▸ **Exercise input**:
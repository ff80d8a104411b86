//! Verdicts on paths.
ghost use Rattle.std.specs.Prelude.{◌≡◌, IfErr, IfOk};
ghost use Rattle.std.specs.Io.KnownBytes.{Appends};
ghost use Rattle.cli_answers.specs.AnswerText.{verdict_line};
ghost use Rattle.cli_failures.specs.Report.{UnlessLate};
ghost use Rattle.cli_words.specs.QueryTexts.{seen_words};
ghost use Rattle.cli.specs.Checked.{FailsToCheck, IsChecked, IsFailureOfCheck};
ghost use Rattle.cli.specs.Host.{host};

use crate::at_path::AtPath;
use crate::writing::write_verdict;
use cli_failures::{Failure, Source};
use cli_steps::ask_believing;
use cli_store::Stores;
use cli_words::QueryWords;
use relying_agreement::Verdict;
use sqlite_disk::Disk;
use std::alloc::Global;
use std::io::Write;
use std::marker::PhantomData;
use store::Store;

// The verdict that the words ask for.
fn check_path<'a, D: Disk + Drop, S: Source + Stores<Store<D>>>(
    source: &S,
    alloc: Global,
    store: &'a str,
    verdicts: &'a str,
    query: &QueryWords<'a>,
) -> Result<Verdict, Failure<'a>>
    ensures checked { IfOk result (IsChecked (host S.holds S.places source.now)
        store.entry.now verdicts.entry.now (seen_words query.now)) }
    ensures fails { IfErr result (IsFailureOfCheck (host S.holds S.places source.now)
        store.entry.now verdicts.entry.now (seen_words query.now)) }
{
    let mut store: AtPath<'a, '_, D, S> = AtPath {
        source,
        path: store,
        disk: PhantomData,
    };
    ask_believing(&mut store, source, alloc, verdicts, query)
}

/// Writes the verdict on the path that the words name, by the statements that the store holds (RFC 5280, 6; RFC 6960, 3.2).
pub fn check<'a, D: Disk + Drop, S: Source + Stores<Store<D>>, O: Write>(
    source: &S,
    alloc: Global,
    store: &'a str,
    verdicts: &'a str,
    query: &QueryWords<'a>,
    out: &mut O,
) -> Result<Verdict, Failure<'a>>
    ensures checked { IfOk result (IsChecked (host S.holds S.places source.now)
        store.entry.now verdicts.entry.now (seen_words query.now)) }
    ensures written { IfOk result (λ verdict.
        Appends (O.contents out.old) (O.contents out.new) (verdict_line verdict)) }
    ensures fails { IfErr result (FailsToCheck (host S.holds S.places source.now)
        store.entry.now verdicts.entry.now (seen_words query.now)
        (O.contents out.old) (O.contents out.new)) }
    ensures quiet { IfErr result (λ failure. UnlessLate failure (out.new ≡ out.old)) }
{
    let verdict = check_path(source, alloc, store, verdicts, query)?;
    match write_verdict(verdict, out) {
        Ok(()) => Ok(verdict),
        Err(_) => Err(Failure::Unwritable),
    }
}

▸ **About this task**:
Search the material for the word "Appends" and copy every matching line.

▸ **Expected answer**:
ghost use Rattle.std.specs.Io.KnownBytes.{Appends};
        Appends (O.contents out.old) (O.contents out.new) (verdict_line verdict)) }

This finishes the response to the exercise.